I began to relate God’s desire for shalom to the work I was doing on the field: “No more shall there be in it an infant who lives but a few days, or an old man who does not fill out his days, for the young man shall die a hundred years old. . . .” (Isa. 65:20).

Thus says the Lord of hosts: Old men and old women shall again sit in the streets of Jerusalem, each with staff in hand because of great age. And the streets of the city shall be full of boys and girls playing in its streets” (Zech. 8:4-5).

The relevance of these images in the midst of the busy curative work I was engaged in began to change my theological perspective and its influence on the practice of healthcare.

I saw the importance of being an intentional healing presence as opposed to merely being a curing presence. I began to see that a person who may not be cured can still be cared for by journeying with them. I started to see that if healing has to come to a community and shalom has to be ushered in, there is a need for the church and a caring community where such a journey can take place. There was a need for a “multi-disciplinary” group of people who can support each other in this journey to healing and wholeness.

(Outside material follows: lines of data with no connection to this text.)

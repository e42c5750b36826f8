ghost use Rattle.std.specs.Prelude.{◌≡◌, ◌≢◌, ◌∷◌, ◌<◌, ◌&&◌, ◌||◌, ◌==◌, [], length, MatchOption, Some, IsTrue};
ghost use Rattle.csv.specs.Records.{fields_of, field_at};
ghost use Rattle.paradigm_file_definitions.specs.TableFiles.{cut_of, if_cut as if_cut_of, is_class_byte as is_class_byte_of, is_class_name as is_class_name_of};
ghost use Rattle.std.specs.List.{list_all};

use csv::ByteRecord;
use lexicon_definitions::MOST_FORM_LETTERS;
use paradigm_file_definitions::MOST_CLASS_NAME_BYTES;

/// The fields of a table's record.
#[derive(Clone, Copy)]
pub(crate) struct TableFields<'a> {
    pub class: &'a [u8],
    pub tag: &'a [u8],
    pub phase: &'a [u8],
    pub prefix: &'a [u8],
    pub cut: &'a [u8],
    pub ending: &'a [u8],
}

/// The field at a place, counted from 0.
fn field(csv_record: &ByteRecord, place: usize) -> &[u8]
    requires { place < length (fields_of csv_record.now) }
    ensures { field_at (fields_of csv_record.now) place ≡ Some result.now }
{
    csv_record.get(place).unwrap()
}

/// The fields of a table's record, where it has as many as such a record has.
pub(crate) fn table_fields(csv_record: &ByteRecord) -> Option<TableFields<'_>>
    ensures { MatchOption result (length (fields_of csv_record.now) ≢ 6)
        (λ fields. fields_of csv_record.now ≡ fields.class.now ∷ fields.tag.now ∷ fields.phase.now ∷ fields.prefix.now ∷ fields.cut.now ∷ fields.ending.now ∷ []) }
{
    if csv_record.len() != 6 {
        return None;
    }
    Some(TableFields {
        class: field(csv_record, 0),
        tag: field(csv_record, 1),
        phase: field(csv_record, 2),
        prefix: field(csv_record, 3),
        cut: field(csv_record, 4),
        ending: field(csv_record, 5),
    })
}

/// The fields of a stem's record, the stem and the class, where it has two.
pub(crate) fn stem_fields(csv_record: &ByteRecord) -> Option<(&[u8], &[u8])>
    ensures { MatchOption result (length (fields_of csv_record.now) ≢ 2)
        (λ fields. fields_of csv_record.now ≡ fields.0.now ∷ fields.1.now ∷ []) }
{
    if csv_record.len() != 2 {
        return None;
    }
    Some((field(csv_record, 0), field(csv_record, 1)))
}

/// Whether the byte may stand in the name of a class.
fn is_class_byte(byte: u8) -> bool
    ensures { result ≡ is_class_byte_of byte }
{
    byte.is_ascii_alphanumeric() || byte == b'.' || byte == b'_'
}

/// Whether each of the bytes may stand in the name of a class.
fn are_class_bytes(bytes: &[u8]) -> bool
    ensures { result ≡ list_all is_class_byte_of bytes.now }
{
    bytes.iter().all(|byte| is_class_byte(*byte))
}

/// Whether the bytes are the name of a class: 1 to 16 letters, digits, `.` and `_`.
pub(crate) fn is_class_name(name: &[u8]) -> bool
    ensures { result ≡ is_class_name_of name.now }
{
    match name {
        [] => false,
        [_, ..] => name.len() <= MOST_CLASS_NAME_BYTES && are_class_bytes(name),
    }
}

/// The number of letters that a row cuts, in one or two digits.
pub(crate) fn read_cut(text: &[u8]) -> Option<u32>
    ensures { result ≡ cut_of text.now }
{
    match text {
        [digit] if digit.is_ascii_digit() => if_cut(u32::from(*digit - b'0')),
        [tens, ones] if tens.is_ascii_digit() && ones.is_ascii_digit() => {
            if_cut(10 * u32::from(*tens - b'0') + u32::from(*ones - b'0'))
        }
        _ => None,
    }
}

/// The number, where a stem may have as many letters.
fn if_cut(number: u32) -> Option<u32>
    ensures { result ≡ if_cut_of number }
{
    if number as usize <= MOST_FORM_LETTERS {
        Some(number)
    } else {
        None
    }
}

A Change in Responding to Challenges

During this season a person with HIV infection was brought into our OPD. In those days, it was a challenging task to get him admitted and provide him with care in the hospital. It was the early days of the HIV epidemic when there was so much fear, shame and stigma. The challenge for such marginalized communities to get access to compassionate care created internal disturbances for few of us in the team. We ended up starting a program to care for them.

I began to see that a person who may not be cured can still be cared for by journeying with them.

After a few years spent working with and care for HIV infected drug users and sex workers, we learned that the existing institutional structures were not open or accessible for such communities. The care needed to come in makeshift contexts—at home and within the community itself. For institutionally trained professionals this was tough but there was no other way.

We learned that when God challenges you to respond to a need He has put into your heart, being available for people is more important than the ability or availability of structures or institutional frameworks. Evolving models have to emerge from the needs around you. For those who have no cure in sight, we cannot but look beyond the body. And people can be cared for and healed only in the context of family and community. Such care can only come from a caring community.

The gospel invites us to be available to those who need the presence, the power and the love of God through a community that cares. The lifestyle, power and mandate of the gospel transforms our hearts, challenges our perspectives and warrants a response in our life choices. This is true not only for health care professionals, but for anyone who wants to follow Jesus.